“我好像很不喜欢你的笑容呢。”
我怔怔地看着他,刚刚似乎有什么从他脸上一闪而过,是不同于那一成不变的虚假笑容的东西,一瞬间使他整个人都生动起来。
“市丸队长……”
“嘘——”他用右手食指抵住我的嘴唇,指尖意外的温暖,原本以为应该是没有温度的。
“在这个地方生存,首先应该相信自己,你说对吗,桔梗?”
看似无所谓的口吻,却一语道破了我的心思揭露了我的软弱。是啊,相信自己,就算现在的我什么也做不到,但自己是绝不应该抛弃自己的。自怨自艾怨天尤人又能怎样?如果明白自己的懦弱无能,那么努力改变不就好了?我还活着,我可以用全部的时间与自己的软弱抗争不是吗?
一瞬间,我对自己前一刻轻易地厌世轻生自我否定感到好笑,原来自己真的还没长大呢,如果得不到提点就无法面对和克服迎面而来的哪怕并没什么大不了的困难呢。
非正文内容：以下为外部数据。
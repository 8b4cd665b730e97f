//! What is wrong with a command.
ghost use Rattle.std.specs.Prelude.{◌≡◌};

use thiserror::Error;

/// Why a line gives no command.
#[derive(Clone, Copy, Debug, Error)]
pub enum CommandFault {
    /// O1: the command is unknown, has too few or too many words, or names a filter by what is no name.
    #[error("an unknown command, a wrong number of words or a bad name")]
    Words,
    /// O2: a number is not in decimal digits, or is out of its range.
    #[error("not a number in its range")]
    Numbers,
    /// O3: the digits of a code file are not hexadecimal.
    #[error("expected pairs of hexadecimal digits")]
    Hexadecimal,
    /// O7: the line is longer than its limit.
    #[error("a line has at most 1048576 bytes")]
    TooLong,
    /// O8: the text of a prefix is no prefix.
    #[error("not a prefix")]
    Prefix,
    /// Memory was refused for the bytes of a code file.
    #[error("out of memory")]
    Memory,
}

impl CommandFault {
    ghost use Rattle.operator_cmds.specs.Faults.{fault_code};

    /// The code that names the fault: an O code, or E3 for refused memory.
    pub fn code(self) -> &'static str
        ensures { result.now ≡ fault_code self }
    {
        match self {
            CommandFault::Words => "O1",
            CommandFault::Numbers => "O2",
            CommandFault::Hexadecimal => "O3",
            CommandFault::TooLong => "O7",
            CommandFault::Prefix => "O8",
            CommandFault::Memory => "E3",
        }
    }

    /// The place of the fault in its line: 0, since none is named.
    pub fn at(self) -> usize
        ensures { result ≡ 0 }
    {
        0
    }
}

/// Why the state of the script refuses a command.
#[derive(Clone, Copy, PartialEq, Eq)]
pub enum StateFault {
    /// O4: no domain is set up.
    NoNetwork,
    /// O5: the domain or the journal is there already.
    TooLate,
    /// O6: no filter has the name.
    UnknownFilter,
}

impl StateFault {
    ghost use Rattle.operator_cmds.specs.Faults.{state_code};

    /// The code that names the fault.
    pub fn code(self) -> &'static str
        ensures { result.now ≡ state_code self }
    {
        match self {
            StateFault::NoNetwork => "O4",
            StateFault::TooLate => "O5",
            StateFault::UnknownFilter => "O6",
        }
    }
}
等等,提点?我猛地一怔,难道刚刚他是在帮我?我不敢置信地望向眼前面对着我的人。
他一笑,抬手揉了揉我的头发,恍惚间觉得自己像是被宠爱着。
心里忽的被一种莫名的感觉萦绕着,说不清道不明,只是感到心不觉间温暖了起来。
“市丸队长,谢谢你。”
下意识地,道出心中诚恳的谢意,等想到应该尊敬正式些地道谢时,却是被眼前人灿烂纯真的笑脸生生震撼了。那样的笑容,一如早春的朝阳明朗生动耀人心魄,亦如雾中晨露朦胧清润似幻似真疏忽即逝而无法挽留。
心中不免怅然,竟有些心疼。
“桔梗喜欢我吗?”一句话突兀地撞进我的耳膜。
“嗯?”我甚是疑惑,他怎地会问我这个?然而等意识到发生了什么,却真是差点没把我吓死,我居然狗胆包天匪夷所思地用右手抚着市丸队长的左脸!顿时整个脸火烧火燎地,“对……对不起!”慌乱得舌头也打结了。
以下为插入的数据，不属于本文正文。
//! What is answered to who looks at a history whose first entries may be forgotten.
ghost use Rattle.std.specs.Prelude.{◌≡◌, ◌+◌, ◌-◌, ◌++◌, ◌∷◌, [], ◌≤◌, nat_le, true, min, IfOk, OnOk, OnErr, codes, drop, length, map, take};
ghost use Rattle.std.specs.Io.{StartsWith};
ghost use Rattle.history_lines.specs.Views.{entry_view};
ghost use Rattle.route_history.specs.Long.{OfHistory};
ghost use Rattle.operator_cmds.specs.Looks as spec;
ghost use Rattle.operator_cmds.specs.Replies.{Adds, refused};

use crate::HISTORY_COUNT;
use crate::look::push_bar;
use crate::reply::refuse;
use history_lines::push_entry;
use line_protocol::LineReply;
use route_history::LongJournal;
use std::alloc::{AllocError, Global};

/// The code of a look from a position on whose entry is forgotten.
const FORGOTTEN: &str = "O10";

/// Whether nothing is forgotten from a position on.
fn is_kept(journal: &LongJournal, from: u64) -> bool
    ensures { result ≡ nat_le journal.now.first from }
{
    journal.first() <= from
}

/// Whether each position of a history fits 64 bits. No journal forgets so many entries that it would not.
fn has_positions(journal: &LongJournal) -> bool
    ensures { result ≡ true → journal.now.first + length journal.now.entries ≤ 18446744073709551615 }
{
    journal.first() <= u64::MAX - u64::from(journal.kept())
}

/// How many entries are told at once, from a position on.
fn count_kept(journal: &LongJournal, from: u64) -> usize
    requires { journal.now.first + length journal.now.entries ≤ 18446744073709551615 }
    ensures { result ≡ min 100 (journal.now.first + length journal.now.entries - from) }
{
    let end = journal.first() + u64::from(journal.kept());
    HISTORY_COUNT.min(end.saturating_sub(from) as usize)
}

/// Adds so many entries, from a position on.
fn push_kept(
    alloc: Global,
    out: &mut Vec<u8>,
    journal: &LongJournal,
    from: u64,
    count: usize,
) -> Result<(), AllocError>
    requires kept { journal.now.first ≤ from }
    requires within { count ≤ journal.now.first + length journal.now.entries - from }
    requires positions { journal.now.first + length journal.now.entries ≤ 18446744073709551615 }
    ensures ok { OnOk result (OfHistory journal.now (λ history. out.new.items ≡
        out.old.items ++ spec.entries_text from 0 (map entry_view (take count (drop from history.entries))))) }
    ensures front { StartsWith out.new.items out.old.items }
{
    let first = journal.first();
    for told in 0..count {
        push_bar(out, told)?;
        let at = from + told as u64;
        push_entry(alloc, out, at, journal.entry((at - first) as usize))?;
    }
    Ok(())
}

/// Adds the line that tells entries, from a position on.
fn push_history(
    alloc: Global,
    out: &mut Vec<u8>,
    journal: &LongJournal,
    from: u64,
) -> Result<(), AllocError>
    requires kept { journal.now.first ≤ from }
    requires positions { journal.now.first + length journal.now.entries ≤ 18446744073709551615 }
    ensures ok { OnOk result (OfHistory journal.now (λ history. out.new.items ≡
        out.old.items ++ (spec.history_text history.entries from ++ 10 ∷ []))) }
    ensures err { OnErr result (StartsWith out.new.items out.old.items) }
{
    let count = count_kept(journal, from);
    out.extend_from_slice(b"history")?;
    push_kept(alloc, out, journal, from, count)?;
    Ok(out.push(b'\n')?)
}

/// Refuses to tell what is forgotten: the first position that is not is named.
fn refuse_forgotten(out: &mut Vec<u8>, journal: &LongJournal) -> Result<LineReply, AllocError>
    ensures ok { IfOk result (Adds (refused (codes "O10") journal.now.first) out.old.items out.new.items) }
    ensures err { OnErr result (StartsWith out.new.items out.old.items) }
{
    refuse(out, FORGOTTEN, journal.first())
}

/// Answers a line that looks at a history from a position on. O10 where the entry there is forgotten, with the first position that is not.
pub fn answer_kept(
    alloc: Global,
    out: &mut Vec<u8>,
    journal: &LongJournal,
    from: u64,
) -> Result<LineReply, AllocError>
    ensures ok { IfOk result (λ reply. OfHistory journal.now (λ history.
        Adds (spec.history_looked journal.now.first history.entries from) out.old.items out.new.items reply)) }
    ensures err { OnErr result (StartsWith out.new.items out.old.items) }
{
    if !is_kept(journal, from) {
        return refuse_forgotten(out, journal);
    }
    if !has_positions(journal) {
        return Err(AllocError);
    }
    push_history(alloc, out, journal, from)?;
    Ok(LineReply::Answered)
}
“哦,看来还舍不得放手呢。”听他那戏谑的调侃语调,我羞愧得心越发紧绷,胸中却似有一股莫可名状的情绪在激突冲撞无法克制。我忍不住偷偷抬头看向他,却发现自己的右手还纹丝不动地贴在人家脸上!我忙不迭撤回已然显得僵硬的手,不可置信地微微张开了嘴,愕然于自己此刻近乎荒诞的身体反应。
正自茫然间,一股暖暖的略带侵略性的气息扑入颈项,随之耳边传来似调笑似轻浮的低语:“如果是你的话,我不介意哦。”
我傻眼了,这……算调戏吗?我呆愣地看向他,发现他已回复了那副令人不敢恭维的笑容。我立时明白了一件事:我被耍了!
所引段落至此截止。